**** THE DATA
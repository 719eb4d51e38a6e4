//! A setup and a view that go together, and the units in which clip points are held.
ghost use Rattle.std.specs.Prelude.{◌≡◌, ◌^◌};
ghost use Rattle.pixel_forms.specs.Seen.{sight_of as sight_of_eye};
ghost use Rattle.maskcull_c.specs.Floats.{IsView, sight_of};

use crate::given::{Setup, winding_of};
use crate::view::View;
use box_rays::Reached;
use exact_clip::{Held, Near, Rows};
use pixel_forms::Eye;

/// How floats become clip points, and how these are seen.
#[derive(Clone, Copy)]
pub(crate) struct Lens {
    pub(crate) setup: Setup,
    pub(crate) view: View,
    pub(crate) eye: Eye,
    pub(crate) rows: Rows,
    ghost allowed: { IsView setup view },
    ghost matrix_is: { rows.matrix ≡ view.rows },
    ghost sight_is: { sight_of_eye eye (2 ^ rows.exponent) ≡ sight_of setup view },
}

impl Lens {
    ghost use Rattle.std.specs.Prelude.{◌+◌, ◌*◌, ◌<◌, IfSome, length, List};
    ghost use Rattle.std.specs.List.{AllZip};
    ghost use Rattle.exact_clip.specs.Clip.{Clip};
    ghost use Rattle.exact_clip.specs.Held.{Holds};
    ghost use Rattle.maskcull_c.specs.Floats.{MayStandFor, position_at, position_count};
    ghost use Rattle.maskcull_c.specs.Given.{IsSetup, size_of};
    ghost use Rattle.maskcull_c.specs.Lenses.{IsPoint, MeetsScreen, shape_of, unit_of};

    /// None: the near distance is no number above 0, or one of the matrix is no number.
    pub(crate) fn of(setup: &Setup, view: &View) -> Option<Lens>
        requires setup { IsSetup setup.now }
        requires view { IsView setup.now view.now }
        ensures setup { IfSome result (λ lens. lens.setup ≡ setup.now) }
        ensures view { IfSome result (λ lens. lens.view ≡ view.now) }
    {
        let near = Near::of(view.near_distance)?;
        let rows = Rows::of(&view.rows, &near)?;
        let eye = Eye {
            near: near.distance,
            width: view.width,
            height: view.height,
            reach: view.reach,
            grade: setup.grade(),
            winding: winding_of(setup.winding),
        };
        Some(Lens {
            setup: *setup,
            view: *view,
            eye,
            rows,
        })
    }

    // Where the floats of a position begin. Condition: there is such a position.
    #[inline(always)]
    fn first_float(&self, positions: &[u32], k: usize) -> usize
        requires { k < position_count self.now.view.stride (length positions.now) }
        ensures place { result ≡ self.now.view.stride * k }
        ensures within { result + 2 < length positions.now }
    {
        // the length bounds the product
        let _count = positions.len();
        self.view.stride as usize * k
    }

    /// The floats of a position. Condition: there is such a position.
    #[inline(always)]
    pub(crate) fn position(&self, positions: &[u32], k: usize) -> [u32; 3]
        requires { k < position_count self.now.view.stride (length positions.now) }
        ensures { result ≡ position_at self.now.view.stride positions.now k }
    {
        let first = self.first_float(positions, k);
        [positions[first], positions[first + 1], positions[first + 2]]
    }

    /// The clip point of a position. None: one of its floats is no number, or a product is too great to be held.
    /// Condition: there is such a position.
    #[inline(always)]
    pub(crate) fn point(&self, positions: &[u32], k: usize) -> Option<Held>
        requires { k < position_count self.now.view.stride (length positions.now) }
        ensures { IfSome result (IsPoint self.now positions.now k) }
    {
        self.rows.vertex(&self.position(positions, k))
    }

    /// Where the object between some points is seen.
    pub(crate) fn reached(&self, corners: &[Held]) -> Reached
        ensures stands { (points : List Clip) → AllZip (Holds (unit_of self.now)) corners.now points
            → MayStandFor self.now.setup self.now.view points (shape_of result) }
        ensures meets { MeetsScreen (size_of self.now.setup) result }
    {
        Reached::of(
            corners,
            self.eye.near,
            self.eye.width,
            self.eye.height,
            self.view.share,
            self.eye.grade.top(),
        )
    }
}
********
◆ **PROBLEM REQUIREMENTS**: Precisely reproduce the lines of the entries, beginning at the first and ending at the one containing "use box_rays::Reached;". Add nothing.

◆ **WRITTEN RESPONSE**:
repository 719eb4d51e38a6e4
//! A setup and a view that go together, and the units in which clip points are held.
ghost use Rattle.std.specs.Prelude.{◌≡◌, ◌^◌};
ghost use Rattle.pixel_forms.specs.Seen.{sight_of as sight_of_eye};
ghost use Rattle.maskcull_c.specs.Floats.{IsView, sight_of};

use crate::given::{Setup, winding_of};
use crate::view::View;
use box_rays::Reached;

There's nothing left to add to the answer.